§ **Prompt**: Return all lines of the data in which the string "ends" occurs.

§ **Listed records**:
//! The caller's room for the nodes and leaves of a tree.
ghost use Rattle.std.specs.Prelude.{◌≡◌, ℕ, ◌+◌, List, length};
ghost use Rattle.rap_lexed.specs.StrStep.{str_enter, str_exit, str_token};
ghost use Rattle.rap_ranged.specs.Listed.{no_parent};
ghost use Rattle.rap_c.specs.Lays.{LaysElements, element_room};
ghost use Rattle.rap_c.specs.Words.{as_word};

use crate::element::{NO_PARENT, RapElement};

/// How many elements there have been, the index of the newest open node that has a place in the caller's room, and how
/// many nodes have been opened after it and have not ended: none of these has a place. Each open node with a place has
/// there the index of the one around it.
#[derive(Clone, Copy)]
pub struct ElementCounts {
    pub count: usize,
    pub newest: u32,
    pub beyond: usize,
}

/// The number in 32 bits. It saturates.
#[inline(always)]
pub fn narrow(number: usize) -> u32
    ensures { result ≡ as_word number }
{
    number.min(0xFFFF_FFFF) as u32
}

impl ElementCounts {
    /// Nothing is written yet.
    pub fn new() -> ElementCounts
        ensures { result ≡ record { count = 0; newest = no_parent; beyond = 0 } }
    {
        ElementCounts {
            count: 0,
            newest: NO_PARENT,
            beyond: 0,
        }
    }

    /// A node begins at this byte.
    #[inline(always)]
    pub fn enter(&mut self, elements: &mut [RapElement], kind: u32, at: u32)
        ensures { LaysElements at (str_enter kind) (element_room elements.old self.old) (element_room elements.new self.new) }
    {
        let index = self.count;
        let room = elements.len().min(NO_PARENT as usize);
        if index < room {
            elements[index] = RapElement {
                kind,
                start: at,
                end: at,
                after: 0,
                parent: self.newest,
            };
            self.newest = index as u32;
            self.count = index + 1;
        } else {
            self.beyond = self.beyond.saturating_add(1);
            self.count = index.saturating_add(1);
        }
    }

    /// The newest open node ends at this byte, if there is one.
    #[inline(always)]
    pub fn exit(&mut self, elements: &mut [RapElement], at: u32)
        ensures { LaysElements at str_exit (element_room elements.old self.old) (element_room elements.new self.new) }
    {
        if self.beyond > 0 {
            self.beyond -= 1;
        } else {
            self.close(elements, at);
        }
    }

    /// The newest open node that has a place ends at this byte, if there is one.
    #[inline(always)]
    fn close(&mut self, elements: &mut [RapElement], at: u32)
        ensures { self.old.beyond ≡ 0 → LaysElements at str_exit (element_room elements.old self.old) (element_room elements.new self.new) }
    {
        let index = self.newest as usize;
        let room = elements.len().min(NO_PARENT as usize);
        if index < room {
            let element = elements[index];
            elements[index] = RapElement {
                kind: element.kind,
                start: element.start,
                end: at,
                after: narrow(self.count),
                parent: element.parent,
            };
            self.newest = element.parent;
        }
    }

    /// A leaf comes, from this byte to the byte `end`.
    #[inline(always)]
    pub fn leaf(&mut self, elements: &mut [RapElement], kind: u32, at: u32, end: u32)
        ensures { (text : List ℕ) → end ≡ at + length text → LaysElements at (str_token kind text) (element_room elements.old self.old) (element_room elements.new self.new) }
    {
        let index = self.count;
        let room = elements.len().min(NO_PARENT as usize);
        if index < room {
            elements[index] = RapElement {
                kind,
                start: at,
                end,
                after: narrow(index + 1),
                parent: self.newest,
            };
            self.count = index + 1;
        } else {
            self.count = index.saturating_add(1);
        }
    }
}
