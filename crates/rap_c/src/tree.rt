//! A text's tree.
ghost use Rattle.std.specs.Prelude.{◌≡◌, ◌≢◌, IfErr, IfOk};
ghost use Rattle.rap_c.specs.Tree.{ComesOfTree, ComesOfText, IsFilledTree, IsTree};
ghost use Rattle.rap_c.specs.Given.{IsRefusal, IsUntouched};

use crate::answer::{Fault, OK, RapAnswer, settle};
use crate::filler::Filler;
use crate::numbers::{edition_of, top_entry_of};
use crate::reading::text_of;
use crate::step::RapStep;
use ra_ap_parser::{Edition, TextFault, TopEntryPoint, parse_text};
use std::alloc::Global;

/// Fills the room with the steps of the text's tree, and with the lexer's messages after them.
fn fill_tree(
    alloc: Global,
    edition: Edition,
    entry: TopEntryPoint,
    text: &str,
    steps: &mut [RapStep],
    messages: &mut [u8],
) -> Result<RapAnswer, Fault>
    ensures filled { IfOk result (IsFilledTree text.now edition entry steps.old steps.new messages.old messages.new) }
    ensures fault { IfErr result (ComesOfText text.now edition) }
    ensures untouched { IfErr result (λ _. IsUntouched steps.old steps.new messages.old messages.new) }
{
    let mut filler = Filler::new(steps, messages);
    match parse_text(alloc, edition, entry, text, &mut filler) {
        Ok(parsed) => {
            // For the proof: it fits its type.
            let _count = parsed.lexed.len();
            filler.add_errors_of(&parsed.lexed);
            Ok(filler.answer(OK, text.len()))
        }
        Err(TextFault::TextTooLong) => Err(Fault::TextTooLong),
        Err(TextFault::TooManyTokens) => Err(Fault::TooManyTokens),
        Err(TextFault::NoMemory) => Err(Fault::NoMemory),
        Err(TextFault::Refused(never)) => match never {},
    }
}

/// Reads the numbers and the bytes, and fills the room.
fn tree(
    alloc: Global,
    text: &[u8],
    edition: u32,
    entry: u32,
    steps: &mut [RapStep],
    messages: &mut [u8],
) -> Result<RapAnswer, Fault>
    ensures filled { IfOk result (IsTree text.now edition entry steps.old steps.new messages.old messages.new) }
    ensures fault { IfErr result (ComesOfTree text.now edition entry) }
    ensures untouched { IfErr result (λ _. IsUntouched steps.old steps.new messages.old messages.new) }
{
    let edition = edition_of(edition)?;
    let entry = top_entry_of(entry)?;
    let text = text_of(text)?;
    fill_tree(alloc, edition, entry, text, steps, messages)
}

/// Parses the text from the top entry with the number, and fills the slices with the steps of its tree, after which
/// the lexer's messages stand, and with the bytes of all messages. Returns how many of each there are.
#[unsafe(no_mangle)]
pub extern "C" fn rap_tree(
    alloc: Global,
    text: &[u8],
    edition: u32,
    entry: u32,
    steps: &mut [RapStep],
    messages: &mut [u8],
) -> RapAnswer
    ensures tree { result.status ≡ 0 → IsTree text.now edition entry steps.old steps.new messages.old messages.new result }
    ensures refused { result.status ≢ 0 → IsRefusal (ComesOfTree text.now edition entry) result × IsUntouched steps.old steps.new messages.old messages.new }
{
    settle(tree(alloc, text, edition, entry, steps, messages))
}
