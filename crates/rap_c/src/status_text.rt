//! A status in words.
ghost use Rattle.std.specs.Prelude.{◌≡◌, length};
ghost use Rattle.rap_c.specs.Filling.{overwritten};
ghost use Rattle.rap_c.specs.StatusText.{status_text};

use crate::filler::put_bytes;

/// The text of a status, or no text where the number is no status.
fn text_of_status(status: u32) -> &'static str
    ensures { result.now ≡ status_text status }
{
    match status {
        0 => "ok",
        1 => "no tree, or several",
        2 => "no edition",
        3 => "no entry",
        4 => "no UTF-8",
        5 => "text too long",
        6 => "too many tokens",
        7 => "out of memory",
        8 => "no node that is parsed again alone",
        9 => "no brace at the beginning",
        10 => "no token's record",
        11 => "no steps of one tree over the text",
        12 => "no script source",
        13 => "no literal of the kind",
        14 => "no number of the radix, or too large",
        _ => "",
    }
}

/// Writes the text of the status into the slice, as far as it reaches, and returns how many bytes the text has. It has
/// none where the number is no status.
#[unsafe(no_mangle)]
pub extern "C" fn rap_status_text(status: u32, text: &mut [u8]) -> usize
    ensures count { result ≡ length (status_text status) }
    ensures written { text.new ≡ overwritten text.old (status_text status) }
{
    let bytes = text_of_status(status).as_bytes();
    put_bytes(text, 0, bytes);
    bytes.len()
}
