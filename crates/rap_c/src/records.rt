//! The parser's input of a text.
ghost use Rattle.std.specs.Prelude.{◌≡◌, ◌≢◌, IfErr, IfOk};
ghost use Rattle.rap_c.specs.Given.{IsRefusal};
ghost use Rattle.rap_c.specs.Records.{IsFilledRecords, IsRecords};
ghost use Rattle.rap_c.specs.Tokens.{ComesOfLexing, ComesOfTokens};

use crate::answer::{Fault, OK, RapAnswer, settle};
use crate::numbers::edition_of;
use crate::reading::{read, text_of};
use crate::record::{RapRecord, put_records};
use ra_ap_parser::Edition;
use std::alloc::Global;

/// Fills the room with the records of the text's tokens that are no trivia.
fn fill_records(
    alloc: Global,
    edition: Edition,
    text: &str,
    room: &mut [RapRecord],
) -> Result<RapAnswer, Fault>
    ensures filled { IfOk result (IsFilledRecords text.now edition room.old room.new) }
    ensures fault { IfErr result (ComesOfLexing text.now) }
    ensures untouched { IfErr result (λ _. room.new ≡ room.old) }
{
    let reading = read(alloc, edition, text)?;
    put_records(room, &reading.input);
    Ok(RapAnswer {
        status: OK,
        steps: reading.input.len(),
        message_bytes: 0,
        used: text.len(),
    })
}

/// Reads the number and the bytes, and fills the room.
fn records(
    alloc: Global,
    text: &[u8],
    edition: u32,
    room: &mut [RapRecord],
) -> Result<RapAnswer, Fault>
    ensures filled { IfOk result (IsRecords text.now edition room.old room.new) }
    ensures fault { IfErr result (ComesOfTokens text.now edition) }
    ensures untouched { IfErr result (λ _. room.new ≡ room.old) }
{
    let edition = edition_of(edition)?;
    let text = text_of(text)?;
    fill_records(alloc, edition, text, room)
}

/// Fills the slice with the parser's input of the text: a record for each token that is no trivia. The answer says how
/// many there are.
#[unsafe(no_mangle)]
pub extern "C" fn rap_records(
    alloc: Global,
    text: &[u8],
    edition: u32,
    room: &mut [RapRecord],
) -> RapAnswer
    ensures records { result.status ≡ 0 → IsRecords text.now edition room.old room.new result }
    ensures refused { result.status ≢ 0 → IsRefusal (ComesOfTokens text.now edition) result × (room.new ≡ room.old) }
{
    settle(records(alloc, text, edition, room))
}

§ **The answer**:
    /// The newest open node ends at this byte, if there is one.
    /// The newest open node that has a place ends at this byte, if there is one.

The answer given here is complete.